Some lncRNAs are particularly complex. For example, GAS5 harbors several snoRNAs in its transcripts.21 The splicing differences observed between PN and MES (IR events) affect expression of snorD79, snorD80, and snorD47 (Fig. 7d). The latter has been described as a potential tumor suppressor in GBM, and associated with reduced proliferation, invasion and epithelial-mesenchymal transition, and induction of G2 cell-cycle arrest.22

Discussion

Alternative splicing affects all hallmarks of cancer, and splicing regulators have been shown to function as drivers of glioblastoma development.23 Importantly, there are several examples of inhibitors of the splicing machinery and their use in cancer therapy has started to be explored.24,25 Here, we provide evidence that MES and PN GSCs display specific splicing profiles. Splicing differences preferentially affect genes implicated in cell cycle regulation, DNA repair, splicing, and cilium formation, which are all critical processes in therapy response and tumor relapse. We suggest that these sets of splicing events are important contributors to MES and PN features and differences in responding to radiation and temozolomide. In agreement, we observed that several genes whose splicing profiles differ between MES and PN GSCs show distinct association with survival in each subgroup.
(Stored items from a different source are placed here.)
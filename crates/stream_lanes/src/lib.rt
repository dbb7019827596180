//! The workers at the edges of a run with threads. A source puts what a Tx makes into a lane, and a drain takes what comes
//! to an Rx out of a lane. In a round all of them work at once, each on a thread of its own: each looks at its lane once,
//! does all that it can then do, and waits for nobody.
#![tactic(auto)]

mod drain;
mod edges;
mod gate;
mod source;

pub use drain::Drain;
pub use edges::Edges;
pub use gate::{FreeGate, Gate};
pub use source::Source;

#[cfg(test)]
mod tests;
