ghost use Rattle.std.specs.Prelude.{◌≡◌, ◌<◌, ◌≤◌, [], false, length, Ok, OnOk};
ghost use mathlib.Core.List.{IsPrefix};
ghost use Rattle.stream_lanes.specs.Working.{Empties};

use crate::Gate;
use chdr_packets::Packet;
use credit_lane::{LaneRx, LaneTx, meet};
use rf_base::Memory;
use std::alloc::Global;
use std::marker::Model;

/// The number from which gates count the drains of streams.
const FIRST_DRAIN: u16 = 32_768;

/// The worker of a stream to an Rx: it takes what comes out of the stream's lane.
#[derive(Drop)]
pub struct Drain<'a> {
    stream: u16,
    rx: LaneRx<'a>,
    /// What was taken.
    list: Vec<Packet>,
    /// The number of the next round.
    round: u64,
    /// Whether any packet was taken in the last round.
    moved: bool,
    /// How the last round went.
    ended: Result<(), Memory>,
}

impl<'a> Model for Drain<'a> {
    ghost use Rattle.stream_lanes.specs.Sides.{DrainSide};

    ghost Value = { DrainSide };

    ghost use Rattle.stream_lanes.specs.Inside.{drain_side, KeepsDrain};

    ghost view = { drain_side };

    ghost invariant = { KeepsDrain };
}

impl<'a> Drain<'a> {
    /// The worker of a stream over an end of a lane of which nothing was taken.
    pub fn new(alloc: Global, stream: u16, rx: LaneRx<'a>) -> Drain<'a>
        requires stream { stream < 32768 }
        requires none { rx.got ≡ [] }
        ensures stream { result.stream ≡ stream }
        ensures rx { result.rx ≡ rx.entry }
        ensures idle { (result.moved ≡ false) × (result.ended ≡ Ok (record {})) }
    {
        Drain {
            stream,
            rx,
            list: Vec::new(alloc),
            round: 0,
            moved: false,
            ended: Ok(()),
        }
    }
}

impl Drain<'_> {
    /// What was taken.
    pub fn list(&self) -> &[Packet]
        ensures { result.now ≡ self.now.rx.got }
    {
        self.list.as_slice()
    }

    /// Whether any packet was taken in the last round.
    pub fn moved(&self) -> bool
        ensures { result ≡ self.now.moved }
    {
        self.moved
    }

    /// How the last round went.
    pub fn ended(&self) -> Result<(), Memory>
        ensures { result ≡ self.now.ended }
    {
        self.ended
    }

    /// Tells each end of the lane what the other one did, between two rounds.
    pub fn meet(&mut self, tx: &mut LaneTx<'_>)
        requires { tx.old.lane ≡ self.old.rx.lane }
        ensures worker { self.new ≡ record self.old { rx = self.new.rx } }
        ensures lane { (self.new.rx.lane ≡ self.old.rx.lane) × (tx.new.lane ≡ tx.old.lane) }
        ensures kept { (self.new.rx.got ≡ self.old.rx.got) × (tx.new.put ≡ tx.old.put) }
        ensures known { (tx.new.taken ≡ length self.old.rx.got) × (self.new.rx.known ≡ tx.old.put) }
        ensures order { IsPrefix self.old.rx.got tx.old.put }
        ensures rises { tx.old.taken ≤ tx.new.taken }
    {
        meet(tx, &mut self.rx);
    }

    /// One round: looks once, and takes all that is there then.
    ///
    /// The worker keeps how the round went.
    pub(crate) fn work<G: Gate>(&mut self, gate: &G)
        ensures { Empties self.old self.new }
    {
        gate.pass(FIRST_DRAIN.wrapping_add(self.stream), self.round);
        self.round = self.round.wrapping_add(1);
        let before = self.list.len();
        self.rx.look_put();
        self.ended = take_all(&mut self.rx, &mut self.list);
        self.moved = before < self.list.len();
    }
}

/// Takes all that is known to be put into a list.
#[tactic(auto, using(crate::proofs::Lists::lists))]
fn take_all(rx: &mut LaneRx<'_>, list: &mut Vec<Packet>) -> Result<(), Memory>
    requires list { list.old.items ≡ rx.old.got }
    requires order { IsPrefix rx.old.got rx.old.known }
    ensures list { list.new.items ≡ rx.new.got }
    ensures lane { (rx.new.known ≡ rx.old.known) × (rx.new.lane ≡ rx.old.lane) }
    ensures longer { IsPrefix rx.old.got rx.new.got }
    ensures all { OnOk result (rx.new.got ≡ rx.new.known) }
{
    while rx.waiting() > 0 {
        list.reserve(1)?;
        list.push_reserved(rx.take());
    }
    Ok(())
}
GBM tumors contain radio-resistant GSCs that display increased pair capacity and, upon radiation, activate DNA damage checkpoint signals. MES GSCs are more resistant to radiation than PN GSCs, which can be explained based on differences in their expression profiles.2629 A recent analysis with paired GBM samples (primary and recurrent) indicated that relapse was often associated with significant alterations in the expression of DNA repair and cell-cycle genes.30 In concordance, our analysis showed that multiple DNA repair genes display splicing differences between MES and PN GSCs. In particular, genes in DNA damage and integrity checkpoints are enriched among those with differences in splicing profiles. Regarding major nodes in the DNA repair network (Fig. 4a), ERCC1, FANCD2, and RAD17 have been associated with therapy resistance in gliomas and other tumor types. In a preclinical study, inhibition of ERCC1 significantly decreased tumor growth and sensitized cells to chemotherapy with cisplatin and temozolomide, increasing cell death by up to 25%.31 Also, methylation of the ERCC1 promoter was associated with sensitivity to radiation in glioma cell lines.32 Expression levels of FANCD2, a member of the Fanconi anemia DNA repair pathway, were strongly associated with glioma tumor grade, and inhibition of FANCD2 improved sensitivity to temozolomide and carmustine in glioma cells.33 Finally, certain splicing variants of gene RAD17 promote resistance to radiotherapy in cell lines.34

GSCs employ cell cycle regulation mechanisms to circumvent the effects of chemotherapy and radiotherapy.35 There are critical differences between PN and MES GBM regarding cell cycle regulation that could influence therapy response. For instance, CDK4/6 inhibition with palbociclib preferentially inhibited cell proliferation of PN GSCs.36 Alterations in cell cycle checkpoint can contribute to GSC resistance to radiation.37 Higher expression of RAD51 after exposure to radiation was observed in radio-resistant GSCs. GSCs resistant and sensitive to radiation have different cell cycle checkpoint responses when radiation was combined with RAD51 inhibition.30 RAD51, RAD51D, and RAD51AP1 show differences in their splicing profiles in PN vs. MES GSCs. The main nodes in the cell cycle network (Fig. 4b) contain critical players in glioma progression and response to therapy. For example, high expression of XPO1, also known as CRM1, correlates with malignancy and poor survival outcome in gliomas.38 High expression of XPO1 provides a growth advantage to glioma cells by promoting nuclear export of p27, a known cell cycle regulator with reduced expression in various tumors.38 Another main node, PLKI, has been associated with therapy resistance in gliomas and other brain tumors when highly expressed.39 In a recent study, Koncar et al. established PLK1 as a potential therapeutic target in IDH1-mutated gliomas.40 PLK1 bypasses the temozolomide-induced DNA damage checkpoint, limiting its effectiveness. Therefore, PLK1 inhibitors may improve temozolomide efficacy.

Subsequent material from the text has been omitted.